> **What is needed**:
Only the lines from the one containing "let Some(mut seat)" through the last line of the listing are to be given again, exactly as they appear.

┄┄┄┄┄┄┄┄┄┄

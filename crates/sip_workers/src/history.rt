//! The one history of a run, which its seats and its notices tell of.
ghost use Rattle.std.specs.Prelude.{◌≡◌, ◌<◌, length};
ghost use Rattle.std.specs.List.{All};
ghost use mathlib.Core.List.{IsPrefix};
ghost use Rattle.answer_log.specs.Histories.{mine};
ghost use Rattle.answer_cache.specs.Shared.{Belongs};
ghost use Rattle.sip_workers.specs.Deals.{StaysSo, TellsOneHistory};

use answer_cache::{Notice, Seat, SharedCache, law_stores_are_of_the_seats};
use sip_resolver::Outcome;

/// Lets a seat learn what these notices tell: one load for each.
fn learn_notices(cache: &SharedCache, seat: &mut Seat, made: &[(Outcome, Notice)])
    requires made_here { Belongs cache.now seat.old }
    requires told_here { All (λ it. it.1.cache ≡ cache.now) made.now }
    ensures stays { Belongs cache.now seat.new }
    ensures same { StaysSo seat.old.seat seat.new.seat }
    ensures told { All (λ it. IsPrefix it.1.seen seat.new.seat.seen) made.now }
{
    'notices: for it in made {
        cache.learn(seat, &it.1);
    }
}

/// Lets a seat learn what these seats have seen: one load for each.
fn learn_seats(cache: &SharedCache, seat: &mut Seat, others: &[Seat])
    requires made_here { Belongs cache.now seat.old }
    requires told_here { All (Belongs cache.now) others.now }
    ensures stays { Belongs cache.now seat.new }
    ensures same { StaysSo seat.old.seat seat.new.seat }
    ensures told { All (λ it. IsPrefix it.seat.seen seat.new.seat.seen) others.now }
{
    'seats: for it in others {
        cache.learn(seat, &it.notice());
    }
}

/// A law: a history that a seat has seen the beginning of has no store of this seat that the seat
/// did not make. The seat learns it, and is given up.
fn tell(cache: &SharedCache, mut seat: Seat, notice: &Notice)
    requires made_here { Belongs cache.now seat }
    requires told_here { notice.now.cache ≡ cache.now }
    requires later { IsPrefix seat.seat.seen notice.now.seen }
    ensures { mine notice.now.seen seat.seat.number ≡ seat.seat.own }
{
    cache.learn(&mut seat, notice);
}

/// The same law, of seats that are given up.
fn tell_all(cache: &SharedCache, seats: Vec<Seat>, notice: &Notice)
    requires made_here { All (Belongs cache.now) seats.items }
    requires told_here { notice.now.cache ≡ cache.now }
    requires later { All (λ it. IsPrefix it.seat.seen notice.now.seen) seats.items }
    ensures { All (λ it. mine notice.now.seen it.seat.number ≡ it.seat.own) seats.items }
{
    'seats: for seat in seats {
        tell(cache, seat, notice);
    }
}

/// Sees the one history that these notices and seats tell of, at seats that are then given up.
pub(crate) fn see_one_history(cache: &SharedCache, mut seats: Vec<Seat>, made: &[(Outcome, Notice)])
    requires some { 0 < length seats.items }
    requires made_here { All (Belongs cache.now) seats.items }
    requires told_here { All (λ it. it.1.cache ≡ cache.now) made.now }
    ensures { TellsOneHistory cache.now seats.items made.now }
{
    let Some(mut seat) = seats.pop() else {
        unreachable!()
    };
    learn_notices(cache, &mut seat, made);
    learn_seats(cache, &mut seat, seats.as_slice());
    law_stores_are_of_the_seats(&seat);
    tell_all(cache, seats, &seat.notice());
}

┄┄┄┄┄┄┄┄┄┄

> **Answer box**:
    let Some(mut seat) = seats.pop() else {
        unreachable!()
    };
    learn_notices(cache, &mut seat, made);
    learn_seats(cache, &mut seat, seats.as_slice());
    law_stores_are_of_the_seats(&seat);
    tell_all(cache, seats, &seat.notice());
}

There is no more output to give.